DATA:

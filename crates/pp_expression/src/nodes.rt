//! The nodes of the trees of expressions.
ghost use Rattle.std.specs.Prelude.{◌≡◌, IfOk};
ghost use Rattle.pp_syntax.specs.declared.tree.Form.TheVariants as form;
ghost use Rattle.pp_readers.specs.Parsed.{Gives};
ghost use Rattle.pp_readers.specs.Expressions.{chain_of, prefixed, plain_of, joined, as_variable};

use crate::values::text_of;
use pp_readers::Misread;
use pp_syntax::{Expr, Form, Op};
use rh_base::{Boxed, NoMemory, Seq, Text};
use std::alloc::Global;

/// A chain of operators, or its one operand.
pub fn chain_of(
    alloc: Global,
    at: u32,
    first: Expr,
    more: Seq<(Op, Expr)>,
) -> Result<Expr, NoMemory>
    ensures { IfOk result (λ e. e ≡ chain_of at first more) }
{
    if more.is_empty() {
        return Ok(first);
    }
    let first = Boxed::new(alloc, first)?;
    let form = Form::Chain(first, more);
    Ok(Expr { at, form })
}

/// An operand with what stands before it, or the operand alone.
pub fn prefixed(alloc: Global, at: u32, ops: Seq<Op>, operand: Expr) -> Result<Expr, NoMemory>
    ensures { IfOk result (λ e. e ≡ prefixed at ops operand) }
{
    if ops.is_empty() {
        return Ok(operand);
    }
    let operand = Boxed::new(alloc, operand)?;
    let form = Form::Prefix(ops, operand);
    Ok(Expr { at, form })
}

/// An index into an operand.
pub fn indexed(alloc: Global, at: u32, base: Expr, key: Expr) -> Result<Expr, NoMemory>
    ensures { IfOk result (λ e. e ≡ record { at = at; form = form.Index base key }) }
{
    let base = Boxed::new(alloc, base)?;
    let key = Boxed::new(alloc, key)?;
    let form = Form::Index(base, key);
    Ok(Expr { at, form })
}

/// A reference.
pub fn referred(alloc: Global, at: u32, name: &str, titles: Seq<Expr>) -> Result<Expr, NoMemory>
    ensures { IfOk result (λ e. e ≡ record { at = at; form = form.Refer name.now titles }) }
{
    let name = text_of(alloc, name)?;
    let form = Form::Refer(name, titles);
    Ok(Expr { at, form })
}

/// A selection by an operand.
pub fn selected(
    alloc: Global,
    at: u32,
    base: Expr,
    choices: Seq<(Option<Expr>, Expr)>,
) -> Result<Expr, NoMemory>
    ensures { IfOk result (λ e. e ≡ record { at = at; form = form.Select base choices }) }
{
    let base = Boxed::new(alloc, base)?;
    let form = Form::Select(base, choices);
    Ok(Expr { at, form })
}

/// Text in double quotes that has no variables and expressions.
fn plain_of(alloc: Global, index: usize, at: u32, members: Seq<Expr>) -> Result<Expr, Misread>
    ensures { Gives (λ x. x) result (plain_of at members) }
{
    let mut members = members.into_vec();
    match members.pop() {
        None => Ok(Expr {
            at,
            form: Form::Str(Text::new(alloc)),
        }),
        Some(member) => {
            if !members.is_empty() {
                return Err(Misread::Form(index));
            }
            let Expr { at: _, form } = member;
            Ok(Expr { at, form })
        }
    }
}

/// A text in double quotes of these members; part: a variable or an expression is among them.
pub fn joined(
    alloc: Global,
    index: usize,
    at: u32,
    members: Seq<Expr>,
    part: bool,
) -> Result<Expr, Misread>
    ensures { Gives (λ x. x) result (joined at members part) }
{
    if part {
        return Ok(Expr {
            at,
            form: Form::Join(members),
        });
    }
    plain_of(alloc, index, at, members)
}

/// A text with nothing but indexes behind it, with the variable of that name in its place. Any other expression stays.
#[tactic(auto, using(pp_readers::proofs::Variables::at_as_variable))]
pub fn as_variable(alloc: Global, e: Expr) -> Result<Expr, NoMemory>
    ensures { IfOk result (λ v. v ≡ as_variable e) }
{
    let Expr { at, form } = e;
    match form {
        Form::Str(name) => Ok(Expr {
            at,
            form: Form::Var(name),
        }),
        Form::Index(base, key) => {
            let base = as_variable(alloc, base.into_inner())?;
            let base = Boxed::new(alloc, base)?;
            Ok(Expr {
                at,
                form: Form::Index(base, key),
            })
        }
        form => Ok(Expr { at, form }),
    }
}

WHAT TO WORK ON:
Supply the count of lines in the entries that include "ghost", and no other text.

TASK RESPONSE:
4